Member of the Tennessee House of Representatives from the 64th district
- Incumbent
- Assumed office January 8, 2019
- Preceded by: Sheila Butt

Personal details
- Born: July 29, 1966 (age 59) St. Louis, Missouri, U.S.
- Party: Republican
- Spouse: Teresa Cepicky
- Children: 2
- Education: University of Wisconsin, Madison (BA)
- Website: State House website
- Football career

Profile
- Position: Punter

Personal information
- Listed height: 6 ft 4 in (1.93 m)
- Listed weight: 220 lb (100 kg)

Career information
- High school: Vianney (MO)
- College: Wisconsin
- NFL draft: 1989: undrafted

Career history
- Cincinnati Bengals (1989)*; Minnesota Vikings (1989)*;
- * Offseason or practice squad member only

= Scott Cepicky =

American politician

Scott Cepicky (born July 29, 1966) is an American politician and former athlete who serves in the Tennessee House of Representatives, representing the 64th district. Cepicky is a member of the Republican Party.

== Early life and athletic career ==

Born in St. Louis, Cepicky attended Vianney High School in Kirkwood, Missouri, later attending the University of Wisconsin–Madison where he was a history major. While at Wisconsin, Cepicky also played football and baseball, and after college declared for the 1989 NFL draft, where he went undrafted. Cepicky, a punter, was signed as an undrafted free agent by the Cincinnati Bengals, who cut him during the preseason. He was later picked up by the Minnesota Vikings, where he was also cut before the end of preseason. Moving on from football, Cepicky was drafted by the Chicago White Sox in the 23rd round of the 1989 Major League Baseball draft. He played Minor League Baseball for five teams from 1989 to 1994.

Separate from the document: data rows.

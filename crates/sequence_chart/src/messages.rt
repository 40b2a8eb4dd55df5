//! Where messages were sent, and which were handed over.
ghost use Rattle.std.specs.Prelude.{◌≡◌, ◌≤◌, length, OnOk, IfOk, option_map, [], ◌∷◌, ◌++◌};
ghost use Rattle.sequence_chart.specs.Messages.{handed_by, handed_from, message_at, origin_in, origins_of as origins_of_lines};

use crate::rows::{Cursor, MAX_LINES};
use schedule_text::LineBytes;
use std::alloc::{AllocError, Global};
use trace_reader::{Said, TraceLine};
use voting_config::NodeId;

/// Where a message was sent.
#[derive(Drop)]
pub struct Origin {
    pub from: NodeId,
    /// The row of its line.
    pub row: u32,
    /// Its line.
    pub text: LineBytes,
}

// Adds the message of a line, if it has one.
fn add_origin(
    alloc: Global,
    origins: &mut Vec<Origin>,
    cursor: Cursor,
    line: &TraceLine,
) -> Result<(), AllocError>
    ensures { OnOk result (origins.new.items ≡ origins.old.items ++ origin_in cursor line.now) }
{
    let Said::Sent(from, _) = &line.said else {
        return Ok(());
    };
    let text = LineBytes::of(alloc, line.text.as_slice())?;
    origins.push(Origin {
        from: *from,
        row: cursor.row,
        text,
    })?;
    Ok(())
}

/// The messages of a trace, by their numbers.
pub fn origins_of(alloc: Global, lines: &[TraceLine]) -> Result<Vec<Origin>, AllocError>
    requires { length lines.now ≤ MAX_LINES }
    ensures { IfOk result (λ o. o.items ≡ origins_of_lines lines.now) }
{
    let mut origins = Vec::new(alloc);
    let mut cursor = Cursor::first();
    for line in lines {
        cursor = cursor.after(&line.said);
        add_origin(alloc, &mut origins, cursor, line)?;
    }
    Ok(origins)
}

/// The message with this number, counted from 1, where so many were sent: `None` if no such message was.
#[tactic(auto, using(std::proofs::lemmas::Option::slice_get_past, std::proofs::lemmas::Option::slice_get_read))]
pub fn message(origins: &[Origin], sent: u32, number: u64) -> Option<&Origin>
    ensures { option_map (λ o. o.now) result ≡ message_at origins.now sent number }
{
    if number < 1 || number > sent as u64 || number > origins.len() as u64 {
        return None;
    }
    Some(&origins[(number - 1) as usize])
}

// Notes what a line sends or hands over.
fn hand(flags: &mut Vec<bool>, said: &Said) -> Result<(), AllocError>
    ensures { OnOk result (flags.new.items ≡ handed_by flags.old.items said.now) }
{
    match said {
        Said::Sent(_, _) => {
            flags.push(false)?;
            Ok(())
        }
        Said::Delivery(_, number) => {
            if *number >= 1 && *number <= flags.len() as u64 {
                flags[(*number - 1) as usize] = true;
            }
            Ok(())
        }
        _ => Ok(()),
    }
}

/// Whether each message of a trace, by its number, is handed over by a line after its own.
pub fn handed_of(alloc: Global, lines: &[TraceLine]) -> Result<Vec<bool>, AllocError>
    ensures { IfOk result (λ f. f.items ≡ handed_from [] lines.now) }
{
    let mut flags = Vec::new(alloc);
    for line in lines {
        hand(&mut flags, &line.said)?;
    }
    Ok(flags)
}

After the end of Cepicky's athletic career, he became a cattle rancher. He also worked as a salesman in the automotive industry.

== Political career ==
Before he ran for office, Cepicky was active in Maury County politics, serving as chair of the county Republican Party and the county Board of Commissioners. Cepicky first ran for office in 2018, seeking to replace Sheila Butt, who was not seeking re-election. Cepicky won a partisan primary against Michael Fulbright, a local realtor, with 53% of the vote. Cepicky advanced to face local photographer AJ Holmes in the general election, winning with 63% of the vote. Cepicky ran unopposed in his primary for the 2020 election, and won against challenger James Campbell with 71% of the vote.

Cepicky is a member of the Insurance & Banking and Education Committees of the Tennessee House of Representatives.

During the COVID-19 pandemic, Cepicky opposed efforts by the Tennessee health department to advertise COVID-19 vaccinations for teenagers. Cepicky proposed that the Tennessee health department should be dissolved if it did not refuse to "peer pressure" teenagers to get vaccinated against COVID-19. Following a mid-June hearing where Cepicky and other conservative lawmakers criticized the Tennessee health department for outreach to teenagers regarding vaccinations, the department stopped its outreach.

In 2020, Cepicky introduced legislation that banned transgender boys and men from playing male sports.

During a special session of the legislature in October 2021, Cepicky co-sponsored controversial legislation allowing partisan school board elections statewide. The initial legislation would have required all school board elections statewide to be partisan, but was trimmed to allow local parties to call for partisan school board elections after some GOP opposition. The legislation still had the result of making most school board elections statewide partisan, however. This act was strongly believed to be an attempt to reduce the ability of Democrats and people with Democrat-leaning views to win election to school boards throughout the state, and to have been motivated by GOP opposition to critical race theory, mask mandates, and a perception of increasing liberalization of education throughout the country. The legislation was opposed by the Tennessee School Board Association and many school districts throughout the state.

In 2023, Cepicky supported a resolution to expel three Democratic lawmakers from the legislature for violating decorum rules. The expulsion was widely characterized as unprecedented. During a subsequent meeting the next week with the Republican caucus, Cepicky criticized Representative Jody Barrett for voting against the resolution to expel Representative Gloria Johnson.

In February 2023, Cepicky suggested that lettuce should be labeled as containing vaccines, introducing a bill which would prohibit manufacturing, delivering, and selling food that has a vaccine in it, unless the labeling identifies it as such. The bill, HB94, was signed into law on April 22, 2024.

== Personal life ==
Cepicky is married to Teresa Cepicky, and the couple have two children. He is a mortgage banker and also coaches football and baseball at Spring Hill High School in Columbia, Tennessee. Cepicky is a member of the Church of Christ but is of Ashkenazi Jewish descent.